START Records supplied
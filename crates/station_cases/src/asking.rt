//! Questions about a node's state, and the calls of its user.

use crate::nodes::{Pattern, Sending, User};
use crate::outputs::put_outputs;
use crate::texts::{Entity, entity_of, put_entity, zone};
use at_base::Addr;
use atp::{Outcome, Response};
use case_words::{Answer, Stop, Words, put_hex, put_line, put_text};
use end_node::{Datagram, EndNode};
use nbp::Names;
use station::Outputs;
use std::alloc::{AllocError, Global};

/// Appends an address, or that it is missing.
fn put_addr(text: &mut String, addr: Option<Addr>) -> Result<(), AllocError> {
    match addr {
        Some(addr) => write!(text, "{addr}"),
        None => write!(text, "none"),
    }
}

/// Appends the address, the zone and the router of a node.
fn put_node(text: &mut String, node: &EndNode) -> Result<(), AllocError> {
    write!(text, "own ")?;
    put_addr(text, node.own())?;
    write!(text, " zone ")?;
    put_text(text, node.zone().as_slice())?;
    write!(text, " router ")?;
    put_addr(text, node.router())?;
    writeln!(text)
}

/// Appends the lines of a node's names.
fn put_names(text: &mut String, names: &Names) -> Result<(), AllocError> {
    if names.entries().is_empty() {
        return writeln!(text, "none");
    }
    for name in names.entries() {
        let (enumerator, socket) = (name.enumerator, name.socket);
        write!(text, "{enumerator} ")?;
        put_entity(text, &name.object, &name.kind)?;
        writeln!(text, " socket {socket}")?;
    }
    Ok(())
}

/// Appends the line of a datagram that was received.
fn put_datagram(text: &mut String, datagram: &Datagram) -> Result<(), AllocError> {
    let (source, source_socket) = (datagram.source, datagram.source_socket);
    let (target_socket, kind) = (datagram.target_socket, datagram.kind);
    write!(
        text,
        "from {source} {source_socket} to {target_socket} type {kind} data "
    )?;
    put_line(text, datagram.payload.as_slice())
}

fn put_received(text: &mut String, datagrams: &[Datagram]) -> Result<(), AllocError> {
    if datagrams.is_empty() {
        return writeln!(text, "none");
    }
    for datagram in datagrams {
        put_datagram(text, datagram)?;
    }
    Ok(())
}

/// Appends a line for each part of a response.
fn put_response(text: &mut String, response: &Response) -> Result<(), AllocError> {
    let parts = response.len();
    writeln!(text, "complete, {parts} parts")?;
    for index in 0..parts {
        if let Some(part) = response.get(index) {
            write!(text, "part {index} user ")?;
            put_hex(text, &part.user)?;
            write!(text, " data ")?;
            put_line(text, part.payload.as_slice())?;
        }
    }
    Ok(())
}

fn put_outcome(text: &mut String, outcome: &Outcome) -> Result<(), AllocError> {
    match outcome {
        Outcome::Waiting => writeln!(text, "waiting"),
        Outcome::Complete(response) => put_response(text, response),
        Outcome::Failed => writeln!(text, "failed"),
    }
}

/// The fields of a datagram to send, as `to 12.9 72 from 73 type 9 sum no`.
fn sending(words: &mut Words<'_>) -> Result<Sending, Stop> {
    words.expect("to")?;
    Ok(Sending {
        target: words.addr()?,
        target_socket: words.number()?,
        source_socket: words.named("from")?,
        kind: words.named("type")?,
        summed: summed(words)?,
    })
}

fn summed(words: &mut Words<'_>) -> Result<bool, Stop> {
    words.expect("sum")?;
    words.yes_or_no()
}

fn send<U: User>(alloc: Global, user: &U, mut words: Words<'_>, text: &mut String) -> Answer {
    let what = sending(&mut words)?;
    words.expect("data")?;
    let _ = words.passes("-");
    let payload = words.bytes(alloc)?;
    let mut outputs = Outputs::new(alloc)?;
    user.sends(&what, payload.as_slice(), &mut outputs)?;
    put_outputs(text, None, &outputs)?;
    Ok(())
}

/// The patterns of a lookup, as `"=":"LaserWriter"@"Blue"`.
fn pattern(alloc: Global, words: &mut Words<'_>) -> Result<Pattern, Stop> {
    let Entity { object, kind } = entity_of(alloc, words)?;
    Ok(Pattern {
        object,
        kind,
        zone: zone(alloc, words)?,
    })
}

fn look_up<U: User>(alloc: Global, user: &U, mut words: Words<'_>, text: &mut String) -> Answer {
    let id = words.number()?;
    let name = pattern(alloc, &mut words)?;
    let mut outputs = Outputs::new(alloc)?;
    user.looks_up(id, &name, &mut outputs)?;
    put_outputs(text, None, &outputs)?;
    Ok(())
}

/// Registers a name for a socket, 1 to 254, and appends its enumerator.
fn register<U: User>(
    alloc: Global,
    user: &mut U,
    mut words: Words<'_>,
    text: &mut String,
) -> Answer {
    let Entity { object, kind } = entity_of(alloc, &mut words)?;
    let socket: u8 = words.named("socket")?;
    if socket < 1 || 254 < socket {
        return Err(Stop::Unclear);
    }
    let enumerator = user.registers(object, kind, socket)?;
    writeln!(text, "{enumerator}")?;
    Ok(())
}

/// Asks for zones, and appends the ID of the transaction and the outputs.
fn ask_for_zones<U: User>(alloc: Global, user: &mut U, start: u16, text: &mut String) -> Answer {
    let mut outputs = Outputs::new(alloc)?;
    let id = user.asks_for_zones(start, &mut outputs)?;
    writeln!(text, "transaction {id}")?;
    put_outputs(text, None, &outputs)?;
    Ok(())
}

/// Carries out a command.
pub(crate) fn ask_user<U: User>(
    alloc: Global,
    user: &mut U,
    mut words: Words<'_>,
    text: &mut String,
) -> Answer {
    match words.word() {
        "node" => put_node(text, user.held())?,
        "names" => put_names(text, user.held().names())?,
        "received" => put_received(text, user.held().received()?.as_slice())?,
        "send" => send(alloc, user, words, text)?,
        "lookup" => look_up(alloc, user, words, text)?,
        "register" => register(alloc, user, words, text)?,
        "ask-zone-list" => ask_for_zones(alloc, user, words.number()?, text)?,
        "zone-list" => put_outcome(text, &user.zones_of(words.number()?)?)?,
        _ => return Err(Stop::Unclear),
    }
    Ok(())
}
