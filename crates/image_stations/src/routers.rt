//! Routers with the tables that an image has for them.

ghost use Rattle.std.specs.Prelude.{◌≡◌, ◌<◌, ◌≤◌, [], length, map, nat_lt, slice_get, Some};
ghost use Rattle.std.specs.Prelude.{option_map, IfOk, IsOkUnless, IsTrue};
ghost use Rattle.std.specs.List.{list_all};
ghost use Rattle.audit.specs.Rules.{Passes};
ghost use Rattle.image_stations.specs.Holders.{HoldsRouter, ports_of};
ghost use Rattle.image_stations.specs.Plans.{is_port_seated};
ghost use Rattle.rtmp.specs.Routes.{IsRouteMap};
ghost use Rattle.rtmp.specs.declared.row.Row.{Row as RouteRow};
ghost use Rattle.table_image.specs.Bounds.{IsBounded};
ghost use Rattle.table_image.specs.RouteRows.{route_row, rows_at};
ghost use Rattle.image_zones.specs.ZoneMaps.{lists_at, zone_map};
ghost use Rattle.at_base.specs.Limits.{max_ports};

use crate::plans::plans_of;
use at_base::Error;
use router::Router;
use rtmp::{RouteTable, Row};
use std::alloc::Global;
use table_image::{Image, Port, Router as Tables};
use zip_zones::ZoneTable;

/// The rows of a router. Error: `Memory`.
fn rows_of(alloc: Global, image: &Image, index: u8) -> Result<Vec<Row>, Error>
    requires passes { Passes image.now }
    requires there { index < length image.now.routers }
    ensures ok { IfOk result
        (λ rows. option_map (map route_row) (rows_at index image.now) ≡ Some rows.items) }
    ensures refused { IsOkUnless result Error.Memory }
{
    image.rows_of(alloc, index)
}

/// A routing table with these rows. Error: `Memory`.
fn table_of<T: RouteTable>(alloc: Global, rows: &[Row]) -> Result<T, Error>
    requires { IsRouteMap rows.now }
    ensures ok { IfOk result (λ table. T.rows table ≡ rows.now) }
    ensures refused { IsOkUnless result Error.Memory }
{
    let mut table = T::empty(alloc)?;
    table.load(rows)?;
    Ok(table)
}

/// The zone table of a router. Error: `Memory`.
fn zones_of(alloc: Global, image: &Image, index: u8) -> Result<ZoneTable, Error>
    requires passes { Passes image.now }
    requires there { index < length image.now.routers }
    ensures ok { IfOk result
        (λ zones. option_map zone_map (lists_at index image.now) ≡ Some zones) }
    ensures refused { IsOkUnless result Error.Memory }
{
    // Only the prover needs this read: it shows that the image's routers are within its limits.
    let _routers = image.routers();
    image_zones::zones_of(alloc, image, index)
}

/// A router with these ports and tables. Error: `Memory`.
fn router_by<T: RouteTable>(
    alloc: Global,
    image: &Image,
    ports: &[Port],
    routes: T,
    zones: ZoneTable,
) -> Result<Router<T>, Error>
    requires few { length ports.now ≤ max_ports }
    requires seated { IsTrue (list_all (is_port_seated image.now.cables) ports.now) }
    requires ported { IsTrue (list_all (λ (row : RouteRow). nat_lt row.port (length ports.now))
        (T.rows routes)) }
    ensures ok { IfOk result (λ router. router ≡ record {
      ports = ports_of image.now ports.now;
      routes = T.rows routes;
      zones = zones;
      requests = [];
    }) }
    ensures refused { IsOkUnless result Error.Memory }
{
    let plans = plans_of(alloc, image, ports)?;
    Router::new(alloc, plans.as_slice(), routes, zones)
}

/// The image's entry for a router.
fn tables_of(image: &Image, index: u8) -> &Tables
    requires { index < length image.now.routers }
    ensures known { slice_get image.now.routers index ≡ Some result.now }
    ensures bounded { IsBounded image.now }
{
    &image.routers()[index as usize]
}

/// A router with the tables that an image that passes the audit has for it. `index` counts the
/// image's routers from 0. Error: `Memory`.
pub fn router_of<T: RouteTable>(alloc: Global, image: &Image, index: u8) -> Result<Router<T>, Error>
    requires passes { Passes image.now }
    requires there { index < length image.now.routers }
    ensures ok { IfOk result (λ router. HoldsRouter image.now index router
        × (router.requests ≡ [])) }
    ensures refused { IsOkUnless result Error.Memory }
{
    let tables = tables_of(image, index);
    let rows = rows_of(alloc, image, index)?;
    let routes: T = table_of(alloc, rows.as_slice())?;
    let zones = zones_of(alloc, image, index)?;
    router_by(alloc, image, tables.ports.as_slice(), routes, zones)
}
END Records supplied
# Assignment
Look above for the line holding "user.sends(&what, payload.as_slice(), &mut" and the line holding "fn pattern(alloc: Global, words: &mut", then output exactly those two lines and every line between them, nothing more.

# Result
    user.sends(&what, payload.as_slice(), &mut outputs)?;
    put_outputs(text, None, &outputs)?;
    Ok(())
}

/// The patterns of a lookup, as `"=":"LaserWriter"@"Blue"`.
fn pattern(alloc: Global, words: &mut Words<'_>) -> Result<Pattern, Stop> {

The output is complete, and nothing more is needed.